[Start of section]

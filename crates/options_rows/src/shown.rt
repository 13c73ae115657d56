//! Raw options as rows show them.
use hive_model::{Kind, Text};
use std::alloc::{AllocError, Global};
use text_model::{RawAlgorithm, RawOptions, RawOutput, RawSequence};

/// The version and the top, and then the tables in written order; over four of a kind are only counted.
pub(crate) fn shown(alloc: Global, options: &RawOptions) -> Result<String, AllocError> {
    let mut text = format!(in alloc; "version {} top {}", options.version, options.top.as_str())?;
    push_raws(alloc, &mut text, options)?;
    push_algorithms(alloc, &mut text, options.algorithms.as_slice())?;
    push_sequences(alloc, &mut text, options.sequences.as_slice())?;
    Ok(text)
}

fn push_raws(alloc: Global, text: &mut String, options: &RawOptions) -> Result<(), AllocError> {
    let raws = options.raws.as_slice();
    if raws.len() > 4 {
        text.push_str(format!(in alloc; " / {} raws", raws.len())?.as_str())?;
        return Ok(());
    }
    for raw in raws {
        let kind = kind(raw.kind);
        text.push_str(format!(in alloc; " / raw {} {kind}", raw.name.as_str())?.as_str())?;
    }
    push_resources(alloc, text, options)
}

fn push_resources(
    alloc: Global,
    text: &mut String,
    options: &RawOptions,
) -> Result<(), AllocError> {
    let resources = options.resources.as_slice();
    if resources.len() > 4 {
        text.push_str(format!(in alloc; " / {} resources", resources.len())?.as_str())?;
        return Ok(());
    }
    for it in resources {
        let name = it.name.as_str();
        text.push_str(format!(in alloc; " / resource {name} units {}", it.units)?.as_str())?;
    }
    Ok(())
}

fn push_algorithms(
    alloc: Global,
    text: &mut String,
    algorithms: &[RawAlgorithm],
) -> Result<(), AllocError> {
    if algorithms.len() > 4 {
        text.push_str(format!(in alloc; " / {} algorithms", algorithms.len())?.as_str())?;
        return Ok(());
    }
    for it in algorithms {
        let name = it.name.as_str();
        let head = format!(in alloc; " / algorithm {name} cardinality {}", it.cardinality)?;
        text.push_str(head.as_str())?;
        push_names(alloc, text, " inputs", it.inputs.as_slice())?;
        push_names(alloc, text, " resources", it.resources.as_slice())?;
        push_outputs(alloc, text, it.outputs.as_slice())?;
        push_filter(alloc, text, it)?;
    }
    Ok(())
}

fn push_names(
    alloc: Global,
    text: &mut String,
    word: &str,
    names: &[Text],
) -> Result<(), AllocError> {
    text.push_str(word)?;
    if names.len() > 4 {
        text.push_str(format!(in alloc; " {}", names.len())?.as_str())?;
        return Ok(());
    }
    for name in names {
        text.push_str(" ")?;
        text.push_str(name.as_str())?;
    }
    Ok(())
}

fn push_outputs(alloc: Global, text: &mut String, outputs: &[RawOutput]) -> Result<(), AllocError> {
    for it in outputs {
        let name = it.name.as_str();
        let value = it.value.as_str();
        let kind = kind(it.kind);
        text.push_str(format!(in alloc; " output {name} {kind} {value:?}")?.as_str())?;
    }
    Ok(())
}

fn push_filter(alloc: Global, text: &mut String, it: &RawAlgorithm) -> Result<(), AllocError> {
    match &it.filter {
        Some(filter) => {
            text.push_str(format!(in alloc; " filter {:?}", filter.as_str())?.as_str())
        }
        None => Ok(()),
    }
}

fn push_sequences(
    alloc: Global,
    text: &mut String,
    sequences: &[RawSequence],
) -> Result<(), AllocError> {
    if sequences.len() > 4 {
        text.push_str(format!(in alloc; " / {} sequences", sequences.len())?.as_str())?;
        return Ok(());
    }
    for it in sequences {
        text.push_str(format!(in alloc; " / sequence {}", it.name.as_str())?.as_str())?;
        push_names(alloc, text, " members", it.members.as_slice())?;
        push_flags(text, it)?;
    }
    Ok(())
}

fn push_flags(text: &mut String, it: &RawSequence) -> Result<(), AllocError> {
    text.push_str(if it.mode_or { " or" } else { " and" })?;
    text.push_str(if it.short_circuit {
        " short"
    } else {
        " strict"
    })?;
    text.push_str(if it.sequential {
        " sequential"
    } else {
        " concurrent"
    })?;
    text.push_str(if it.invert { " invert" } else { "" })?;
    text.push_str(if it.ignore_filter {
        " ignore_filter"
    } else {
        ""
    })
}

fn kind(kind: Kind) -> &'static str {
    match kind {
        Kind::Num => "num",
        Kind::List => "list",
    }
}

[End of section]

- [Your instructions] Report each line of the entries where the word "outputs" occurs.

- [Result of this task]
        push_outputs(alloc, text, it.outputs.as_slice())?;
fn push_outputs(alloc: Global, text: &mut String, outputs: &[RawOutput]) -> Result<(), AllocError> {
    for it in outputs {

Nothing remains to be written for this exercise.